We want to know how we should best change our parameters to improve our objective. To do so, we need to to calculate \(\dfrac{dF}{dp}\) and then use gradient descent to optimise our objective. To do so we have to calculate the following scary looking equation:
\[\dfrac{dF}{dp} = (\lambda^T\ \partial_{\dot{x}}h)|_{t=0}\ \partial_{x}g^{-1}|_{t=0}\ g_p + \int_0^T (\partial_pf+\lambda^T\partial_ph) \mathrm{d}t\]Using the adjoint method we can solve this using a forward pass (i.e. direct solve) and then the backwards adjoint solve.
- Forward Solve ODE
- Standard solve of inital system of ODEs from \(t=0\) to \(t=T\)
- Backward Solve Adjoint Solution
- Solve the following ODE \(\dot{\lambda} = \partial_xf^T + (\partial_xh)^T\lambda\) from \(t=T\) to \(t=0\)
- Calculate \(\dfrac{dF}{dp}\) using terms calculated from forward and backward pass
- Update parameters via gradient descent ( \(\gamma\) is chosen step size) : \(p_{i+1} = p_i - \gamma \dfrac{dF}{dp}\)
Example
The example we look at, has an analytic solution to check the code at each step.
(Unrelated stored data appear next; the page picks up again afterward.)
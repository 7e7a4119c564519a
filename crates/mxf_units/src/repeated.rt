//! Segments beside which others say nothing new (ST 377-1, Edit Unit Byte Count). An index of units of one size is often
//! repeated in each partition.
ghost use Rattle.std.specs.Prelude.{◌≡◌, ◌⊎◌, ◌++◌, ◌∷◌, [], IfOk, IsTrue, OnOk};
ghost use Rattle.mxf_klv.specs.Rising.{In};
ghost use Rattle.mxf_views.specs.Places.{SegmentAtParts};
ghost use Rattle.mxf_units.specs.Repeated.{SayAll, SaysAllOf};

use crate::constant_units::ConstantUnits;
use mxf_klv::OutOfMemory;
use mxf_views::SegmentAt;
use std::alloc::Global;
use std::cmp::Reverse;

/// Those of the segments that say all that any of them says, in any order. It takes memory, and n log n of the segments.
pub(crate) fn without_repeated<'a>(
    alloc: Global,
    mut segments: Vec<SegmentAt<'a>>,
) -> Result<Vec<SegmentAt<'a>>, OutOfMemory>
    ensures { IfOk result (λ v. SayAll segments.entry.items v.items) }
{
    // One that says all that another says stands before it, and none between them says less.
    segments.sort_unstable_by_key(order_of);
    each_once(alloc, segments)
}

/// By stream and size, then by where the units begin; of those that begin together the most go first.
fn order_of(segment: &SegmentAt<'_>) -> (u32, u32, u64, Reverse<u64>) {
    let numbers = segment.segment.numbers();
    let count = match numbers.duration.unsigned_abs() {
        0 => u64::MAX,
        duration => duration,
    };
    (
        numbers.body_sid,
        numbers.unit_bytes,
        numbers.start.unsigned_abs(),
        Reverse(count),
    )
}

/// Those of the segments of which the one that is left before them doesn't say all. They take memory.
fn each_once<'a>(
    alloc: Global,
    segments: Vec<SegmentAt<'a>>,
) -> Result<Vec<SegmentAt<'a>>, OutOfMemory>
    ensures { IfOk result (λ v. SayAll segments.entry.items v.items) }
{
    let mut left = Vec::new(alloc);
    for segment in segments {
        add_unless_said(&mut left, segment)?;
    }
    Ok(left)
}

/// Adds a segment, unless the last of those that are left says all that it says.
fn add_unless_said<'a>(
    left: &mut Vec<SegmentAt<'a>>,
    segment: SegmentAt<'a>,
) -> Result<(), OutOfMemory>
    ensures { OnOk result ((left.new.items ≡ left.old.items ++ segment.entry ∷ [])
        ⊎ ((left.new.items ≡ left.old.items) × ((t : SegmentAtParts) × In t left.old.items × SaysAllOf t segment.entry))) }
{
    if !is_said(left, &segment) {
        left.push(segment)?;
    }
    Ok(())
}

/// Whether the last of some segments says all that another says.
fn is_said(left: &[SegmentAt<'_>], segment: &SegmentAt<'_>) -> bool
    ensures { IsTrue result → ((t : SegmentAtParts) × In t left.now × SaysAllOf t segment.now) }
{
    match left.last() {
        Some(last) => says_all_of(last, segment),
        None => false,
    }
}

/// Whether the units of a segment and those of another all have one size, and those of the other are among them.
fn says_all_of(segment: &SegmentAt<'_>, other: &SegmentAt<'_>) -> bool
    ensures { IsTrue result → SaysAllOf segment.now other.now }
{
    let Some(units) = ConstantUnits::of(segment) else {
        return false;
    };
    let Some(others) = ConstantUnits::of(other) else {
        return false;
    };
    units.has_all_of(&others)
}
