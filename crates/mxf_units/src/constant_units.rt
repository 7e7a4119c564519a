//! Edit units of one size (ST 377-1, Index Table Segment).
ghost use Rattle.std.specs.Prelude.{◌≡◌, ◌⊎◌, ◌+◌, ◌*◌, ◌^◌, ◌<◌, ◌≤◌, IfOk, IfSome, IsTrue, List, []};
ghost use Rattle.std.specs.List.{AllByRecursion, filter_map};
ghost use Rattle.std.specs.Option.{option_and_then};
ghost use Rattle.mxf_units.specs.NextPlaces.{AreSized, constant_units, end_number, first_number, number_of};
ghost use Rattle.mxf_units.specs.NextPlaces.{place_above};
ghost use Rattle.mxf_units.specs.Repeated.{AreAmong};
ghost use Rattle.mxf_units.specs.Streams.{offset_above};

use crate::intervals::Interval;
use crate::stream::offset_in;
use mxf_klv::OutOfMemory;
use mxf_views::{SegmentAt, StreamPlace};
use std::alloc::Global;

/// More than any offset of a stream, in bytes: 2^96.
const STREAM: u128 = 79_228_162_514_264_337_593_543_950_336;

/// The edit units of a segment, if they have one size.
#[derive(Clone, Copy, Drop)]
pub(crate) struct ConstantUnits {
    pub body_sid: u32,
    /// How many bytes each has.
    pub unit_bytes: u32,
    /// The first of them.
    pub start: u64,
    /// How many there are; 0 if they have no end.
    pub duration: u64,
}

impl ConstantUnits {
    /// Those of a segment.
    pub(crate) fn of(segment: &SegmentAt<'_>) -> Option<ConstantUnits>
        ensures units { result ≡ constant_units segment.now }
        ensures sized { IfSome result AreSized }
        ensures unlisted { IfSome result (λ _. segment.now.segment.entries ≡ []) }
    {
        let numbers = segment.segment.numbers();
        if numbers.unit_bytes == 0 {
            return None;
        }
        Some(ConstantUnits {
            body_sid: numbers.body_sid,
            unit_bytes: numbers.unit_bytes,
            start: numbers.start.unsigned_abs(),
            duration: numbers.duration.unsigned_abs(),
        })
    }

    /// The first place above an offset, in bytes, that one of them has.
    pub(crate) fn place_above(&self, offset: u128) -> Option<StreamPlace>
        requires some { 0 < self.now.unit_bytes }
        requires small { offset < 2 ^ 96 }
        ensures place { result ≡ place_above offset self.now }
        ensures small { IfSome result (λ p. p.offset + 2 ^ 96 ≤ 2 ^ 128) }
    {
        let unit_bytes = u128::from(self.unit_bytes);
        let start = u128::from(self.start);
        let duration = u128::from(self.duration);
        let unit = start.max(offset / unit_bytes + 1);
        if duration > 0 && unit >= start + duration {
            return None;
        }
        Some(StreamPlace {
            body_sid: self.body_sid,
            offset: unit_bytes * unit,
        })
    }

    /// Whether all of others are among them, at the same places.
    pub(crate) fn has_all_of(&self, others: &ConstantUnits) -> bool
        ensures { IsTrue result → AreAmong others.now self.now }
    {
        self.body_sid == others.body_sid
            && self.unit_bytes == others.unit_bytes
            && self.start <= others.start
            && self.go_as_far_as(others)
    }

    /// Whether they end where others end, or behind that.
    fn go_as_far_as(&self, others: &ConstantUnits) -> bool
        ensures { IsTrue result → ((self.now.duration ≡ 0) ⊎ ((0 < others.now.duration)
            × (others.now.start + others.now.duration ≤ self.now.start + self.now.duration))) }
    {
        self.duration == 0 || (others.duration > 0 && others.end_unit() <= self.end_unit())
    }

    /// The number behind the last of them, if they have an end.
    fn end_unit(&self) -> u128
        ensures { result ≡ self.now.start + self.now.duration }
    {
        u128::from(self.start) + u128::from(self.duration)
    }

    /// The offset of that place above another place, in bytes, if it is in the stream of that.
    pub(crate) fn offset_above(&self, place: StreamPlace) -> Option<u128>
        requires some { 0 < self.now.unit_bytes }
        requires small { place.offset < 2 ^ 96 }
        ensures offset { result
            ≡ option_and_then (offset_above place.body_sid place.offset) (place_above place.offset self.now) }
        ensures small { IfSome result (λ n. n + 2 ^ 96 ≤ 2 ^ 128) }
    {
        let above = self.place_above(place.offset)?;
        if above.offset > place.offset {
            offset_in(above, place.body_sid)
        } else {
            None
        }
    }
}

/// An offset of a stream, in bytes, as a number among those of all streams.
pub(crate) fn number_of(body_sid: u32, offset: u128) -> u128
    requires { offset < 2 ^ 96 }
    ensures { result ≡ number_of body_sid offset }
{
    u128::from(body_sid) * STREAM + offset
}

/// Their offsets, as numbers among those of all streams.
impl Interval for ConstantUnits {
    ghost first = { first_number };

    ghost end = { end_number };

    fn first(&self) -> u128 {
        number_of(
            self.body_sid,
            u128::from(self.unit_bytes) * u128::from(self.start),
        )
    }

    fn end(&self) -> u128 {
        let end = if self.duration == 0 {
            STREAM - 1
        } else {
            let end = u128::from(self.start) + u128::from(self.duration);
            (u128::from(self.unit_bytes) * end).min(STREAM - 1)
        };
        number_of(self.body_sid, end)
    }
}

/// The units of one size of segments, in the order of these. They take memory.
pub(crate) fn constant_units(
    alloc: Global,
    segments: &[SegmentAt<'_>],
) -> Result<Vec<ConstantUnits>, OutOfMemory>
    ensures units { IfOk result (λ v. v.items ≡ filter_map constant_units segments.now) }
    ensures sized { IfOk result (λ v. AllByRecursion AreSized v.items) }
{
    let mut units = Vec::new(alloc);
    for segment in segments {
        if let Some(of_segment) = ConstantUnits::of(segment) {
            units.push(of_segment)?;
        }
    }
    Ok(units)
}
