//! Edit units.
use crate::standing::UnitStanding;

/// Where bytes of the file lie.
#[derive(Clone, Copy, Debug, PartialEq, Eq)]
pub struct Extent {
    /// The file offset of the first byte.
    pub start: u128,
    /// The file offset after the last byte; none if that isn't known.
    pub end: Option<u128>,
}

/// A stored edit unit: where it lies in the file, which of its bytes are held, and what its index entry says (ST 377-1,
/// Index Table Segment).
#[derive(Clone, Copy, Debug, PartialEq, Eq)]
pub struct EditUnit {
    /// Units are counted from 0 as they are stored.
    pub number: u64,
    pub standing: UnitStanding,
    /// Where it lies, if that is known: from the standing `Disputed` on.
    pub extent: Option<Extent>,
    /// The number of the key frame that its entry names; none if no entry does, if entries disagree, or if the number
    /// would be negative.
    pub key: Option<u64>,
    /// The unit that is shown at this unit's place is stored this many units after it; none if no entry says so, or if
    /// entries disagree.
    pub temporal: Option<i8>,
    /// The flags of its entry; none if there is no entry, or if entries disagree.
    pub flags: Option<u8>,
}
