//! How the bytes of an edit unit stand.
ghost use Rattle.std.specs.Prelude.{◌≡◌};

use std::fmt;

/// What is known of the bytes of an edit unit: the first of these that holds (this project's profile).
///
/// From `Disputed` on it is known where they lie.
#[derive(Clone, Copy, Debug, PartialEq, Eq)]
pub enum UnitStanding {
    /// No index table segment gives the unit a place.
    NotIndexed,
    /// Segments give it different places.
    Ambiguous,
    /// No partition of its essence stream is held that begins at its place or before it.
    NoPartition,
    /// More than one begins there, and not exactly one of them has a known first packet of essence.
    Several,
    /// The first packet of essence of its partition isn't known.
    Unknown,
    /// Its bytes would begin or end after its partition, or begin in a packet that can't be essence, such as a fill:
    /// they lie in a partition that isn't held, or nowhere.
    Elsewhere,
    /// A partition that isn't known may lie between the first byte of essence of its partition and its own bytes.
    Unsure,
    /// A packet that shares bytes with a different one covers some of its bytes.
    Disputed,
    /// None of its bytes is held or at hand.
    Missing,
    /// Some of its bytes are held or at hand, or it isn't known where it ends.
    Part,
    /// All of its bytes are held.
    Held,
    /// All of its bytes are held or at hand, and not all are held: they can be cut out of the sources.
    Hand,
}

/// The word for the standing, as in `not-indexed`.
impl fmt::Display for UnitStanding {
    ghost use Rattle.std.specs.Prelude.{Some};
    ghost use Rattle.mxf_units.specs.Words.{unit_standing_name};

    ghost output = { λ standing. Some (unit_standing_name standing) };

    fn fmt<W: fmt::Write>(&self, f: &mut fmt::Formatter<W>) -> fmt::Result {
        f.write_str(match *self {
            UnitStanding::NotIndexed => "not-indexed",
            UnitStanding::Ambiguous => "ambiguous",
            UnitStanding::NoPartition => "no-partition",
            UnitStanding::Several => "several",
            UnitStanding::Unknown => "unknown",
            UnitStanding::Elsewhere => "elsewhere",
            UnitStanding::Unsure => "unsure",
            UnitStanding::Disputed => "disputed",
            UnitStanding::Missing => "missing",
            UnitStanding::Part => "part",
            UnitStanding::Held => "held",
            UnitStanding::Hand => "hand",
        })
    }
}
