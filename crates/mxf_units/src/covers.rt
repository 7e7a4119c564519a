//! Sets of file offsets that ranges make together.
ghost use Rattle.std.specs.Prelude.{◌≤◌, IfOk};
ghost use Rattle.std.specs.List.{AllByRecursion};
ghost use Rattle.mxf_klv.specs.Note.{greatest_end};
ghost use Rattle.mxf_catalogue.specs.Runs.{SameOffsets};

use mxf_catalogue::{Cover, Run};
use mxf_klv::OutOfMemory;
use std::alloc::Global;

/// The offsets that lie in some of the ranges, which may be empty, and come in any order. It takes n log n of them.
pub fn cover_of(alloc: Global, mut runs: Vec<Run>) -> Result<Cover, OutOfMemory>
    requires { AllByRecursion (λ r. r.end ≤ greatest_end) runs.items }
    ensures { IfOk result (λ c. SameOffsets c runs.items) }
{
    // Each goes after those that are there.
    runs.sort_unstable_by_key(|run| run.start);
    cover_of_each(alloc, &runs)
}

/// The same of ranges in any order.
fn cover_of_each(alloc: Global, runs: &[Run]) -> Result<Cover, OutOfMemory>
    requires { AllByRecursion (λ r. r.end ≤ greatest_end) runs.now }
    ensures { IfOk result (λ c. SameOffsets c runs.now) }
{
    let mut cover = Cover::new(alloc);
    for run in runs {
        if run.start < run.end {
            cover.add(run.start, run.end)?;
        }
    }
    Ok(cover)
}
It is from Dr Bradley’s pdf
The Optimisation Problem is as follows:
\[\begin{split} \min \int_0^T x \ \mathrm{d}t \\ \mathrm{s.t}\quad \dot{x}= bx \\ x(0) - a =0 \end{split}\]WE can think of this as finding the function x(t) that gives the smallest area given the ODE by changing the parameters a and b
Here the analytical solution of this ODE is : \(x(t) = ae^{bt}\) so our challenge is to find the combination of a and b such that the area under \(x(t) = ae^{bt}\) is minimized.
Note that all stages of this method has an analytical method so you can check the results if you want to try this on your own.
We define the following:
- x : vector of state variables (can also be sometimes called y or u)
- t : independent variable (usually time)
- p : vector representing all parameters
- f : measure of ‘goodness’ such as MSE
- g : is the relationship between the the state and parameters e.g. initial conditions
- h : is the ODE in implicit form
- F : Overall Objective Function across time T
- T : final time So from the problem above we define the following
Our Goal is to find \(\dfrac{dF}{dp}\)i.e. the gradients/sensitivies to change our parameters to improve our objective function.